Воз как следует мотнуло из стороны в сторону - правое колесо выехало из колеи и снова бухнулось в нее. Вот тебе любовные мечтания, сны и грезы, в твои-то лета. Казалось, давно уж тебя вылечили от глупости этого рода… В первый же месяц у доминуса Иоганна. Как сейчас вижу: некий никчемный сопляк с пылающими ушами, готовый провалиться сквозь пол, и сам доминус во всей красе первой своей старости, а на столе между нами - эта окаянная книжка в свином переплете, «Песни» Вальтера фон Фогельвейде. Голос, исполненный яда: «Мне неизвестно, какой уж он там миннезингер, да и не желаю я этого знать, но в медицине он полный невежда. А ты что делал в университете все эти годы? Учился вроде бы? И тебе неведомо, что есть эта самая «hohe minne» - что бы сие не значило на добром немецком, возвышенная любовь или как-то иначе - что она такое? Перераспределение крови, отливающей от головы и приливающей к иному органу, который я не поименую. Какое еще слияние душ? при чем тут души? Душами пускай занимаются богословы, а ты, я слыхал, в медики себя готовишь?!. То-то я гляжу, у тебя из рук все ползет. Не иначе, занят поисками души в некоем прекрасном девичьем теле, - верно?… Ха. Ну, Господь с тобой. Этого, - цепкие пальцы брезгливо поднимают книжку за корешок, - чтобы я больше у тебя не видел.

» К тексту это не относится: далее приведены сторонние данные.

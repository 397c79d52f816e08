// The poll is noted; on success the members of the ancestry are raised, and then each is settled; on failure their slots may be cleared.
ghost use Rattle.std.specs.Prelude.{◌≡◌, ◌<◌, length};
ghost use Rattle.rules.specs.Layout.{bookings};
ghost use Rattle.rules.specs.Sound.{Ledger};
ghost use Rattle.rules.specs.Poll.{noted, cleared, succeeded_with};
ghost use Rattle.bits.specs.Members.{bit_words, members_in};

use crate::{clearing, raising, settling};
use rules::layout;

// The states that a poll writes, as terms::vote reads them.
const FAILED: u16 = 1;

const CHIT: u16 = 2;

// The state becomes 1, and nothing else but p and the ordinal moves: a failure that clears nothing.
pub fn write_failure(w: &mut [u16], i: usize)
    requires { Ledger w.old × (i < bookings w.old) }
    ensures { w.new ≡ noted w.old i 1 }
{
    raising::note(w, i, FAILED);
}

// A failure that clears: the counters of the members' slots become 0 too.
pub fn write_cleared(w: &mut [u16], members: &[u64], i: usize)
    requires { Ledger w.old × (i < bookings w.old) × (length members.now ≡ bit_words) }
    ensures { w.new ≡ cleared (members_in members.now) (bookings w.old) (noted w.old i 1) }
{
    let n = words::wide(words::header(w, layout::BOOKINGS));
    write_failure(w, i);
    clearing::clear(w, members, n);
}

// The state becomes 2; every member is raised, and only then each is settled.
pub fn write_success(w: &mut [u16], members: &[u64], i: usize)
    requires { Ledger w.old × (i < bookings w.old) × (length members.now ≡ bit_words) }
    ensures { w.new ≡ succeeded_with (members_in members.now) w.old i }
{
    let n = words::wide(words::header(w, layout::BOOKINGS));
    raising::note(w, i, CHIT);
    raising::raise(w, members, n);
    settling::settle(w, members, n);
}
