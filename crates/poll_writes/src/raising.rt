// A poll is noted, and every member of the ancestry gains one confidence.
ghost use Rattle.std.specs.Prelude.{◌≡◌, ◌+◌, ◌≤◌, ◌<◌, length};
ghost use Rattle.rules.specs.Layout.{size, most_bookings, polls, confidence_field, confidence_of, with_field};
ghost use Rattle.rules.specs.Poll.{noted, raised};
ghost use Rattle.bits.specs.Members.{bit_words, members_in};
ghost use Rattle.poll_writes.specs.Raising.{Raising};

use crate::walk;
use crate::walk::Task;
use rules::layout;

// p rises and becomes the ordinal of booking i, whose state is as given: a number, since the promise is of any.
pub fn note(w: &mut [u16], i: usize, state: u16)
    requires { (length w.old ≡ size) × (i < most_bookings) × (polls w.old < most_bookings) }
    ensures { w.new ≡ noted w.old i state }
{
    let p = words::header(w, layout::POLLS) + 1;
    words::set_header(w, layout::POLLS, p);
    words::set_field(w, i, layout::STATE, state);
    words::set_field(w, i, layout::ORDINAL, p);
}

// One confidence more for j.
fn raise_one(w: &mut [u16], j: usize)
    requires { (length w.old ≡ size) × (j < most_bookings) × (confidence_of w.old j ≤ most_bookings) }
    ensures { w.new ≡ with_field w.old j confidence_field (confidence_of w.old j + 1) }
{
    let confidence = words::field(w, j, layout::CONFIDENCE);
    words::set_field(w, j, layout::CONFIDENCE, confidence + 1);
}

struct Raises;

impl Task for Raises {
    ghost done = { λ j w. with_field w j confidence_field (confidence_of w j + 1) };

    ghost ready = { λ w j. (length w ≡ size) × (j < most_bookings) × (confidence_of w j ≤ most_bookings) };

    fn act(w: &mut [u16], j: usize) {
        raise_one(w, j);
    }
}

// Each member below n, once: bits know no paths.
pub fn raise(w: &mut [u16], members: &[u64], n: usize)
    requires { Raising w.old n × (length members.now ≡ bit_words) }
    ensures { w.new ≡ raised (members_in members.now) n w.old }
{
    walk::walk::<Raises>(w, members, n);
}
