// How many members a booking's ancestry has: the ones of its eight words.
ghost use Rattle.std.specs.Prelude.{◌≡◌, ◌<◌};
ghost use Rattle.rules.specs.Layout.{bookings};
ghost use Rattle.rules.specs.Readings.{size_of};
ghost use Rattle.rules.specs.Sound.{Ledger};

// The size of booking i.
pub fn size_of(w: &[u16], i: usize) -> usize
    requires { Ledger w.now × (i < bookings w.now) }
    ensures { result ≡ size_of w.now i }
{
    let mut m = [0u64; bits::BIT_WORDS];
    ancestry::gather_ancestry(w, &mut m, i);
    bits::count_set(&m)
}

Отдай кому или брось в навозную кучу, как знаешь. А что до крови, отливающей от головы, - это страшная болезнь, но средство от нее у нас имеется, и будем мы, как учат те, кто поумнее нас, лечить подобное подобным. Непорочная дева тут не поможет. Ближе к вечеру пойдешь, куда я укажу. В деньгах ты расчетлив, лишнего не промотаешь, а если и промотаешь, невелика беда - наживем новых…»

Мне было пятнадцать, и слова учителя привели меня в смятение. Помнится, я едва не плакал, но позже - когда любовная тоска показалась нестерпимой и рассуждения были поверены опытом - все-таки пришел к мысли, что учитель по обыкновению мудр и прав, а кто этого не понимает, тот дурак. Любовь есть болезнь, отнимающая драгоценные часы нашей жизни, которые могли быть потрачены лучше - за книгой, в лаборатории или у одра пациента; любовные мечтания суть болезненный бред; а впрочем, бывают болезни и похуже, с менее приятными курсами лечения. Что до спасения души, то не лучше ли единожды согрешить на деле, чем десять раз - в помыслах, коль скоро тот и другой грех одинаково мерзостен? Благо тому, кто овладел искусством медика, сколь ясно для него многое, скрытое от простецов… Я гордился собой. А ее тогда еще не было на свете.

Славные шутки кто-то шутит с нами. Надо же, чтобы именно она, его дочь, лишила покоя старого дурака, с юности не знавшего любовных терзаний. Не стану клеветать на себя, не все мои любови покупались за деньги, но чтобы каждый свободный миг вспоминать движение, слово, все бывшее и небывшее, сказанное и несказанное - нет, не бывало так. Все-таки наваждение, дьявольское колдовство?… Да ты и сам этому не веришь. Почему не веришь? Потому что мнится, что не может этого быть. Блестящее построение. А не много ли ты взял на себя, господин профессор?